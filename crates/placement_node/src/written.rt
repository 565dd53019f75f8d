// The payload of what a step or a restart has to record, and its way to the journal.
ghost use Rattle.std.specs.Prelude.{◌≡◌, ◌++◌, ◌≤◌, false, [], ◌∷◌, IfOk, OnOk, length, map, if◌then◌else◌};
ghost use Rattle.wire_fields.specs.Fields.{spell_all};
ghost use Rattle.placement_payloads.specs.Payloads.{entry, payload_start};
ghost use Rattle.placement_node.specs.Writes.{kept_of, AllWritten, Written};
ghost use Rattle.placement_node.specs.Ranges.{RecordFits};
ghost use Rattle.placement_node.specs.Records.{payloads_of, spelled_entry};

use actor_names::OutOfMemory;
use disk_model::Disk;
use placement_core::Placement;
use placement_payloads::{put_entry, put_payload_start};
use tx_journal::{Journal, JournalError};

// How many entries there are to record.
fn entry_count(placement: &Placement) -> u16
    requires { length placement.now.recent ≤ 64 }
    ensures { result ≡ length placement.now.recent }
{
    for at in 0..64u16 {
        if placement.entry(at as usize).is_none() {
            return at;
        }
    }
    64
}

// Appends so many entries, from the first on.
fn put_entries(placement: &Placement, count: u16, out: &mut Vec<u8>) -> Result<(), OutOfMemory>
    requires fits { RecordFits placement.now.recent }
    requires all { count ≡ length placement.now.recent }
    ensures { OnOk result (out.new.items ≡ out.old.items ++ spell_all entry.spell (map spelled_entry placement.now.recent)) }
{
    for at in 0..count {
        match placement.entry(at as usize) {
            Some(one) => put_entry(out, &one.space, one.change)?,
            None => unreachable!(),
        }
    }
    Ok(())
}

// Writes the payload of what the last step or restart has to record over these bytes. False if there is nothing.
fn put_record(placement: &Placement, out: &mut Vec<u8>) -> Result<bool, OutOfMemory>
    requires { RecordFits placement.now.recent }
    ensures { IfOk result (λ some. payloads_of placement.now.recent ≡ (if some then out.new.items ∷ [] else [])) }
{
    out.clear();
    let count = entry_count(placement);
    if count == 0 {
        return Ok(false);
    }
    put_payload_start(out, count)?;
    put_entries(placement, count, out)?;
    Ok(true)
}

/// What came of a record that was to be written.
#[derive(Clone, Copy)]
pub(crate) enum Kept {
    /// It is on the disk, or there was nothing to write.
    Done,
    /// There was no memory.
    NoMemory,
    /// The journal, which has `len` bytes, has no room for it.
    NoRoom { len: u64 },
    /// The disk failed.
    Failed,
}

// What came of a record that wasn't appended. No record of a placement is too long for a journal, so that answer counts
// as running out of memory.
fn kept_of(error: JournalError) -> Kept
    ensures { result ≡ kept_of error }
{
    match error {
        JournalError::DiskFault => Kept::Failed,
        JournalError::Full { len } => Kept::NoRoom { len },
        _ => Kept::NoMemory,
    }
}

// Appends a payload to a journal that has met no fault.
fn write<D: Disk>(journal: &mut Journal<D>, payload: &[u8]) -> Kept
    requires { journal.old.is_broken ≡ false }
    ensures { Written payload.now result journal.old journal.new }
{
    match journal.append(payload) {
        Ok(()) => Kept::Done,
        Err(error) => kept_of(error),
    }
}

/// Writes what the last step or restart of a placement has to record to a journal that has met no fault.
pub(crate) fn write_record<D: Disk>(
    placement: &Placement,
    buffer: &mut Vec<u8>,
    journal: &mut Journal<D>,
) -> Kept
    requires works { journal.old.is_broken ≡ false }
    requires fits { RecordFits placement.now.recent }
    ensures { AllWritten (payloads_of placement.now.recent) result journal.old journal.new }
{
    match put_record(placement, buffer) {
        Err(_) => Kept::NoMemory,
        Ok(false) => Kept::Done,
        Ok(true) => write(journal, buffer.as_slice()),
    }
}
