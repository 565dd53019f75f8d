// A node as the machine of a gate.
use crate::node::PlacementNode;
use crate::reply::{NodeEvent, NodeReply};
use disk_model::Disk;
use state_machine::{Machine, News};

impl<D: Disk> Machine for PlacementNode<D> {
    ghost use Rattle.placement_node.specs.Ranges.{EventFits};
    ghost use Rattle.placement_node.specs.Node.{NodeAllows};

    type Event = NodeEvent;

    type Reply = NodeReply;

    ghost takes = { λ e. EventFits e.event };

    ghost moves = { NodeAllows };

    fn step(&mut self, event: NodeEvent) -> NodeReply {
        let NodeEvent { event, now } = event;
        PlacementNode::step(self, event, now)
    }

    // No session waits for the event of another.
    fn news(_reply: &NodeReply) -> News {
        News::Nobody
    }
}
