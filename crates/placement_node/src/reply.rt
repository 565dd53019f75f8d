// What happens to a node, and what it answers.
use actor_names::{Address, Node, Space};
use frame_wire::{Frame, Hosts};
use round_core::{AckStage, PlaceEvent};
use std::marker::Model;

/// An event, and the moment at which it happens, in milliseconds since 1970.
#[derive(Drop)]
pub struct NodeEvent {
    /// What happens to the placement.
    pub event: PlaceEvent,
    /// When it happens.
    pub now: u64,
}

/// A member that a round waits for: it hasn't acknowledged the stage. Copies take no memory.
#[derive(Clone, Copy)]
pub struct Awaited {
    /// The node.
    pub node: Node,
    /// Its boot.
    pub boot: u64,
    /// Where its host listens for other sidecars.
    pub address: Address,
}

/// The members that a round waits for, in byte order of node; contracts see them as a list.
#[derive(Drop)]
pub struct AwaitedMembers {
    items: Vec<Awaited>,
}

impl Model for AwaitedMembers {
    ghost use Rattle.std.specs.Prelude.{List};
    ghost use Rattle.placement_node.specs.declared.reply.Awaited.{Awaited};

    ghost Value = { List Awaited };

    ghost view = { λ a. a.items.items };
}

impl AwaitedMembers {
    ghost use Rattle.std.specs.Prelude.{◌≡◌};

    /// The members in this vector, in its order. It takes no memory.
    pub fn from_vec(items: Vec<Awaited>) -> AwaitedMembers
        ensures { result ≡ items.items }
    {
        AwaitedMembers { items }
    }

    /// The members.
    pub fn as_slice(&self) -> &[Awaited]
        ensures { result.now ≡ self.now }
    {
        self.items.as_slice()
    }
}

/// What is seen of a round that runs.
#[derive(Drop)]
pub struct RoundSeen {
    /// Its version, which is the last one that the room used.
    pub version: u64,
    /// The stage that it is in.
    pub stage: AckStage,
    /// The members that it waits for.
    pub awaited: AwaitedMembers,
}

/// What is seen of a room.
#[derive(Drop)]
pub struct RoomSeen {
    /// The space of the room.
    pub space: Space,
    /// The hosts of its members, in byte order of node.
    pub members: Hosts,
    /// The last version that it used, 0 before its first round.
    pub version: u64,
    /// The round that runs; `None` if none does.
    pub round: Option<RoundSeen>,
}

/// What is seen of all rooms, in byte order of space; contracts see them as a list.
#[derive(Drop)]
pub struct SeenRooms {
    items: Vec<RoomSeen>,
}

impl Model for SeenRooms {
    ghost use Rattle.std.specs.Prelude.{List};
    ghost use Rattle.placement_node.specs.declared.reply.RoomSeen.{RoomSeen};

    ghost Value = { List RoomSeen };

    ghost view = { λ a. a.items.items };
}

impl SeenRooms {
    ghost use Rattle.std.specs.Prelude.{◌≡◌};

    /// The rooms in this vector, in its order. It takes no memory.
    pub fn from_vec(items: Vec<RoomSeen>) -> SeenRooms
        ensures { result ≡ items.items }
    {
        SeenRooms { items }
    }

    /// The rooms.
    pub fn as_slice(&self) -> &[RoomSeen]
        ensures { result.now ≡ self.now }
    {
        self.items.as_slice()
    }

    /// The vector of the rooms. It takes no memory.
    pub fn into_vec(self) -> Vec<RoomSeen>
        ensures { result.items ≡ self }
    {
        let SeenRooms { items } = self;
        items
    }
}

/// What a node answers.
#[derive(Drop)]
pub enum NodeReply {
    /// A message: to a member, or that the event was refused.
    Message { frame: Frame },
    /// To a Look: all rooms.
    Seen { rooms: SeenRooms },
    /// To a Tick: `dropped` members were not heard for 10,000 milliseconds or more, and are no longer members.
    Ticked { dropped: u32 },
}
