// What is seen of the round of a room.
ghost use Rattle.std.specs.Prelude.{◌≡◌, ◌<◌, Some, IfOk, length};
ghost use Rattle.std.specs.List.{slice_get};
ghost use Rattle.placement_core.specs.Placement.{SpaceRoom};
ghost use Rattle.placement_node.specs.Replies.{awaited, awaited_of, seen_round};

use crate::reply::{Awaited, AwaitedMembers, RoundSeen};
use actor_names::OutOfMemory;
use place_table::HostInfo;
use placement_core::Placement;
use round_core::RoundPhase;
use std::alloc::Global;

// How the member of this host is told.
fn awaited(host: &HostInfo) -> Awaited
    ensures { result ≡ awaited host.now }
{
    Awaited {
        node: host.member.node,
        boot: host.member.boot,
        address: host.address,
    }
}

// The members that the round of the room at this index waits for.
fn awaited_at(
    alloc: Global,
    placement: &Placement,
    at: usize,
) -> Result<AwaitedMembers, OutOfMemory>
    requires { at < length placement.now.state.rooms }
    ensures { IfOk result (λ members. (r : SpaceRoom) → slice_get placement.now.state.rooms at ≡ Some r → members ≡ awaited_of r.room.members) }
{
    let hosts = placement.members_at(at);
    let mut items = Vec::new(alloc);
    for member in 0..hosts.len() {
        if placement.is_pending(at, member) {
            items.push(awaited(&hosts[member]))?;
        }
    }
    Ok(AwaitedMembers::from_vec(items))
}

/// What is seen of the round of the room at this index; none if no round runs there.
pub(crate) fn round_at(
    alloc: Global,
    placement: &Placement,
    at: usize,
) -> Result<Option<RoundSeen>, OutOfMemory>
    requires { at < length placement.now.state.rooms }
    ensures { IfOk result (λ round. (r : SpaceRoom) → slice_get placement.now.state.rooms at ≡ Some r → round ≡ seen_round r.room r.room.phase) }
{
    match placement.phase_at(at) {
        RoundPhase::Quiet => Ok(None),
        RoundPhase::Running { stage } => {
            let awaited = awaited_at(alloc, placement, at)?;
            let version = placement.last_version_at(at);
            Ok(Some(RoundSeen {
                version,
                stage,
                awaited,
            }))
        }
    }
}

#### DIRECTIONS:
Where in the entries does the word "version" occur? Copy out each line that has it.

#### WRITTEN SOLUTION:
    /// Its version, which is the last one that the room used.
    pub version: u64,
    /// The last version that it used, 0 before its first round.
    pub version: u64,
            let version = placement.last_version_at(at);
                version,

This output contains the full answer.